А на дворе стучал дождь неумолкающей, скучной дробью… Была уже осень…
Целые три дня шёл этот дождь, сбивая последние жёлтые листья с чёрных, намокших ветвей дерев. С унылой покорностью судьбе деревья качали своими вершинами под злыми ударами холодного ветра, который с гневом и тоской метался по земле, точно отыскивая что-то дорогое ему. Упорный, настойчивый дождь и неустанно завывавший ветер создавали вдвоём то прекрасный реквием умершему лету, то необычайно визгливую здравицу воскресающей зиме. Плотные, скучно серые тучи так крепко окутали небо, точно не хотели уже больше развернуться и показать его измокшей, иззябшей земле… В программу четвёртого дня вошёл снег, носившийся тяжёлыми, мокрыми хлопьями над городом по ветру, всё ещё искавшему чего-то и бешено метавшемуся всюду, налепляя снег на стены и крыши домов белыми пятнами.
Вечером этого дня Павел перешёл двор походкой человека, свободного от занятий и дорожащего чистотой своих сапог, – перешёл и, поднявшись на лестницу, задумчиво стал у двери в комнату Натальи.
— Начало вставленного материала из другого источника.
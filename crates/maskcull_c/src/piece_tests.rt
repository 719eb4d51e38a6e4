//! Triangles that are set up once and drawn piece by piece, room for pieces, and pictures of what tiles hold.
use super::*;
use crate::tests::{FOUR_TILES, QUAD, SETUP, VERTICES, assert_alike, held, setup};
use cull_base::ScreenTri;
use masked_update::TileState;
use std::test::Fail;

// Room that nothing was written to.
const UNWRITTEN: PieceRoom = PieceRoom {
    x: [-7; 3],
    y: [7; 3],
    q: [77; 3],
};

fn numbers(room: &PieceRoom) -> ([i32; 3], [i32; 3], [u32; 3]) {
    (room.x, room.y, room.q)
}

#[test]
fn a_quad_has_two_pieces_and_the_room_behind_them_is_left(rt: HostRuntime) -> Result<(), Fail> {
    let mut room = [UNWRITTEN; 5];
    let mut count = 99;
    assert_eq!(rt;
        maskcull_set_up(&SETUP, &VERTICES, &QUAD, &mut room, &mut count),
        DONE
    );
    assert_eq!(rt; count, 2);
    // the corners in sixteenths of a pixel, clockwise; half of the greatest nearness, rounded down
    assert_eq!(rt; numbers(&room[0]), ([0, 512, 512], [0, 0, 128], [32767; 3]));
    assert_eq!(rt; numbers(&room[1]), ([0, 512, 0], [0, 128, 128], [32767; 3]));
    for left in &room[2..] {
        assert_eq!(rt; numbers(left), numbers(&UNWRITTEN));
    }
    Ok(())
}

#[test]
fn a_refused_set_up_writes_nothing(rt: HostRuntime) -> Result<(), Fail> {
    let mut room = [UNWRITTEN; 4];
    let mut count = 99;
    let wrong = Setup { near: 0, ..SETUP };
    let beyond = [Triangle { a: 0, b: 1, c: 2 }, Triangle { a: 0, b: 5, c: 3 }];
    assert_eq!(rt;
        maskcull_set_up(&wrong, &VERTICES, &QUAD, &mut room, &mut count),
        BAD_SETUP
    );
    assert_eq!(rt;
        maskcull_set_up(&SETUP, &VERTICES, &QUAD, &mut room[..3], &mut count),
        BAD_ROOM
    );
    assert_eq!(rt;
        maskcull_set_up(&SETUP, &VERTICES, &beyond, &mut room, &mut count),
        BAD_INDEX
    );
    assert_eq!(rt; count, 99);
    for left in &room {
        assert_eq!(rt; numbers(left), numbers(&UNWRITTEN));
    }
    Ok(())
}

// A middle and eight points around it, the last of which is behind the near plane.
const POINTS: [Vertex; 9] = [
    Vertex { x: 0, y: 0, w: 3 },
    Vertex { x: -4, y: 4, w: 4 },
    Vertex { x: 0, y: 2, w: 2 },
    Vertex { x: 6, y: 6, w: 6 },
    Vertex { x: 3, y: 0, w: 3 },
    Vertex { x: 2, y: -2, w: 2 },
    Vertex { x: 0, y: -5, w: 5 },
    Vertex { x: -4, y: -4, w: 4 },
    Vertex { x: -3, y: 0, w: -1 },
];

const FAN: [Triangle; 8] = [
    Triangle { a: 0, b: 1, c: 2 },
    Triangle { a: 0, b: 2, c: 3 },
    Triangle { a: 0, b: 3, c: 4 },
    Triangle { a: 0, b: 4, c: 5 },
    Triangle { a: 0, b: 5, c: 6 },
    Triangle { a: 0, b: 6, c: 7 },
    Triangle { a: 0, b: 7, c: 8 },
    Triangle { a: 0, b: 8, c: 1 },
];

// Draws a piece as C hands it back.
fn draw_one(
    tiles: &mut [TileState],
    first_row: u32,
    room: &PieceRoom,
) -> Result<u32, &'static str> {
    let tri = ScreenTri::new(room.x, room.y, room.q).ok_or("a piece")?;
    Ok(maskcull_draw_pieces(&FOUR_TILES, tiles, first_row, &[ListedPiece::of(&tri)]))
}

// Sets triangles up in slices of so many, and draws piece by piece. How many pieces there were.
fn draw_in_slices(tiles: &mut [TileState], most: usize) -> Result<usize, &'static str> {
    let mut room = [UNWRITTEN; 16];
    let mut pieces: usize = 0;
    let mut left: &[Triangle] = &FAN;
    for _ in 0..FAN.len() {
        let (slice, others) = left.split_at(most.min(left.len()));
        let mut count = 0;
        if maskcull_set_up(&FOUR_TILES, &POINTS, slice, &mut room, &mut count) != DONE {
            return Err("a slice");
        }
        for written in room.iter().take(count) {
            if draw_one(tiles, 0, written)? != DONE {
                return Err("a piece");
            }
        }
        pieces = pieces.saturating_add(count);
        left = others;
    }
    Ok(pieces)
}

#[test]
fn slices_drawn_piece_by_piece_are_one_draw(rt: HostRuntime) -> Result<(), Fail> {
    let mut whole = [TileState::empty(); 4];
    assert_eq!(rt; maskcull_draw(&FOUR_TILES, &mut whole, &POINTS, &FAN), DONE);
    slices_join();
    for most in [1, 7, 8] {
        let mut tiles = [TileState::empty(); 4];
        // the near plane cuts the last two triangles, which have two pieces each
        assert_eq!(rt; draw_in_slices(&mut tiles, most)?, 10);
        assert_alike(&rt, &tiles, &whole);
    }
    Ok(())
}

#[test]
fn pieces_are_drawn_onto_rows_of_the_screen(rt: HostRuntime) -> Result<(), Fail> {
    let mut room = [UNWRITTEN; 4];
    let mut count = 0;
    let mut tiles = [TileState::empty(); 2];
    assert_eq!(rt;
        maskcull_set_up(&FOUR_TILES, &VERTICES, &QUAD, &mut room, &mut count),
        DONE
    );
    for piece in &room[..2] {
        assert_eq!(rt; draw_one(&mut tiles, 2, piece)?, BAD_TILES);
        assert_eq!(rt; draw_one(&mut tiles[..1], 0, piece)?, BAD_TILES);
    }
    let wrong = Setup {
        winding: 3,
        ..FOUR_TILES
    };
    assert_eq!(rt; maskcull_draw_pieces(&wrong, &mut tiles, 0, &[]), BAD_SETUP);
    assert_eq!(rt; held(&tiles, 1, 7), (0, 0, 0));
    for piece in &room[..2] {
        assert_eq!(rt; draw_one(&mut tiles, 1, piece)?, DONE);
    }
    assert_eq!(rt; held(&tiles, 1, 7), (32767, 0, 0));
    Ok(())
}

// A piece of two pixels each way at the corner of four tiles, and one of sixteen subtiles in two of them.
#[test]
fn small_pieces_and_others_are_drawn_into_the_tiles_that_they_reach(
    rt: HostRuntime,
) -> Result<(), Fail> {
    let mut tiles = [TileState::empty(); 4];
    let small = PieceRoom {
        x: [496, 528, 528],
        y: [112, 112, 144],
        q: [100; 3],
    };
    assert_eq!(rt; draw_one(&mut tiles, 0, &small)?, DONE);
    assert_eq!(rt; held(&tiles, 0, 7), (0, 100, 0x8000_0000));
    assert_eq!(rt; held(&tiles, 1, 4), (0, 100, 0x0100_0000));
    assert_eq!(rt; held(&tiles, 2, 3), (0, 0, 0));
    assert_eq!(rt; held(&tiles, 3, 0), (0, 100, 1));
    let other = PieceRoom {
        x: [0, 1024, 0],
        y: [0, 128, 128],
        q: [300; 3],
    };
    assert_eq!(rt; draw_one(&mut tiles, 0, &other)?, DONE);
    assert_eq!(rt; held(&tiles, 0, 0), (0, 300, 0xFFFF_FF0F));
    // the layer of the small piece is dropped: the other is 200 in front of it
    assert_eq!(rt; held(&tiles, 0, 7), (300, 0, 0));
    assert_eq!(rt; held(&tiles, 1, 4), (0, 300, 0xFFFF_FF0F));
    assert_eq!(rt; held(&tiles, 3, 0), (0, 100, 1));
    Ok(())
}

#[test]
fn a_picture_has_the_bound_at_each_pixel(rt: HostRuntime) -> Result<(), Fail> {
    let mut tiles = [TileState::empty(); 1];
    let mut out = [9; 256];
    // the upper right half of the screen, and what it leaves
    assert_eq!(rt;
        maskcull_draw(&SETUP, &mut tiles, &VERTICES, &QUAD[..1]),
        DONE
    );
    assert_eq!(rt; maskcull_nearness(&SETUP, &tiles, &mut out, 32), DONE);
    for (place, shade) in [
        (1, 0),
        (3, 32767),
        (31, 32767),
        (224, 0),
        (253, 0),
        (254, 32767),
    ] {
        assert_eq!(rt; out[place], shade, "element {place}");
    }
    assert_eq!(rt; maskcull_draw(&SETUP, &mut tiles, &VERTICES, &QUAD), DONE);
    assert_eq!(rt; maskcull_nearness(&SETUP, &tiles, &mut out, 32), DONE);
    for shade in &out {
        assert_eq!(rt; *shade, 32767);
    }
    Ok(())
}

// The corners of the screen at distance 1.
const NEAREST: [Vertex; 4] = [
    Vertex { x: -1, y: 1, w: 1 },
    Vertex { x: 1, y: 1, w: 1 },
    Vertex { x: 1, y: -1, w: 1 },
    Vertex { x: -1, y: -1, w: 1 },
];

// At distance 2 the wide nearness is 8388607, and 16777215 at distance 1: 256 times 32767 and 255 more, and 256 times
// 65535 and 255 more.
#[test]
fn a_wide_picture_has_the_bounds_divided_by_256(rt: HostRuntime) -> Result<(), Fail> {
    let wide = setup(32, 8, 1, WIDE);
    let mut tiles = [TileState::empty(); 1];
    let mut out = [9; 256];
    assert_eq!(rt; maskcull_draw(&wide, &mut tiles, &VERTICES, &QUAD), DONE);
    assert_eq!(rt; held(&tiles, 0, 0), (8388607, 0, 0));
    assert_eq!(rt; maskcull_nearness(&wide, &tiles, &mut out, 32), DONE);
    for shade in &out {
        assert_eq!(rt; *shade, 32767);
    }
    // narrow, what is more than 65535 is cut
    assert_eq!(rt; maskcull_nearness(&SETUP, &tiles, &mut out, 32), DONE);
    for shade in &out {
        assert_eq!(rt; *shade, 65535);
    }
    out[255] = 9;
    assert_eq!(rt; maskcull_draw(&wide, &mut tiles, &NEAREST, &QUAD), DONE);
    assert_eq!(rt; held(&tiles, 0, 7), (16777215, 0, 0));
    assert_eq!(rt; maskcull_nearness(&wide, &tiles, &mut out, 32), DONE);
    for shade in &out {
        assert_eq!(rt; *shade, 65535);
    }
    Ok(())
}

#[test]
fn rows_may_stand_farther_apart_than_the_screen_is_wide(rt: HostRuntime) -> Result<(), Fail> {
    let mut tiles = [TileState::empty(); 1];
    let mut out = [9; 320];
    assert_eq!(rt; maskcull_draw(&SETUP, &mut tiles, &VERTICES, &QUAD), DONE);
    assert_eq!(rt;
        maskcull_nearness(&SETUP, &tiles, &mut out[..311], 40),
        BAD_ROOM
    );
    assert_eq!(rt; maskcull_nearness(&SETUP, &tiles, &mut out, 31), BAD_ROOM);
    assert_eq!(rt; maskcull_nearness(&SETUP, &[], &mut out, 40), BAD_TILES);
    for left in &out {
        assert_eq!(rt; *left, 9);
    }
    assert_eq!(rt;
        maskcull_nearness(&SETUP, &tiles, &mut out[..312], 40),
        DONE
    );
    for y in 0..8 {
        for x in 0..40 {
            assert_eq!(rt;
                out[40 * y + x],
                if x < 32 { 32767 } else { 9 },
                "pixel {x}, {y}"
            );
        }
    }
    Ok(())
}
Одет он был по-праздничному – чисто, лицо у него было покойно; но оно страшно похудело и осунулось. Подумав немного, он постучал в дверь и, переступив с ноги на ногу, стал дожидаться, когда ему отворят, еле слышно насвистывая сквозь зубы.
– Кто это? – спросили из-за двери.
– Это я, Наталья Ивановна! – ровно и громко ответил Павел.
– А!.. – послышалось за дверью, и ему отворили.
– Здравствуйте! – сняв фуражку, поздоровался Павел.
– Здравствуй, чудачина! Ну что, прошло с тобой? Ах, насмешил же ты нас тогда!
Ну и пришёл!.. точно тобой полы мыли. Что бы вот так же одеться, как сейчас!
– Не догадался я об этом, простите! – усмехнулся Павел, не глядя в лицо собеседнице.
– Чай пить будешь? подогрею самовар.
– Нет, благодарствуйте! попил уж я.
Тут Наталья заметила, что Павел изменил местоимение, и спросила его:
– Что это за благородство такое новое? На «вы» стал говорить.
При этом она несколько презрительно усмехнулась. Теперь он в её глазах уже не отличался ничем особенным от других людей. После того, как он валялся при людях у неё в ногах, цена ему очень пала. Бывало, её били более или менее жестоко за измену, и она от него ждала того же; но он оказался несколько иным, и, по её мнению, эта разница между ним и другими не клонилась в его пользу. Бьют – это значит любят, и когда истинно любят, то не только бьют, убивают, – идут на всё. А он свалился при людях в ноги и плакал, как баба!.. Это не по-мужски, не по-человечески… Нужно не вымаливать, не выплакивать, а добыть, завоевать женщину, тогда она будет твоей. Да и то не совсем…
Павел вздохнул и заговорил:
– Да ведь мы с вами не родня. Дружба между нами была, да она уж лопнула…
Чего ж!..
Наталья изумилась, но не показала вида. «Значит, он прощаться, видно, пришёл!..» Она села на кровать близко к нему и молча ждала, что он скажет ещё.
– Темновато здесь, Наталья Ивановна. Лампочку бы зажечь…
– Можно! – И она зажгла лампу.
Он заговорил снова, вдумчиво поглядывая на неё:
– В последний раз говорю я с вами, Наталья Ивановна. Да, уж больше нам не придётся говорить!..
– Что так? – спросила она, опуская глаза.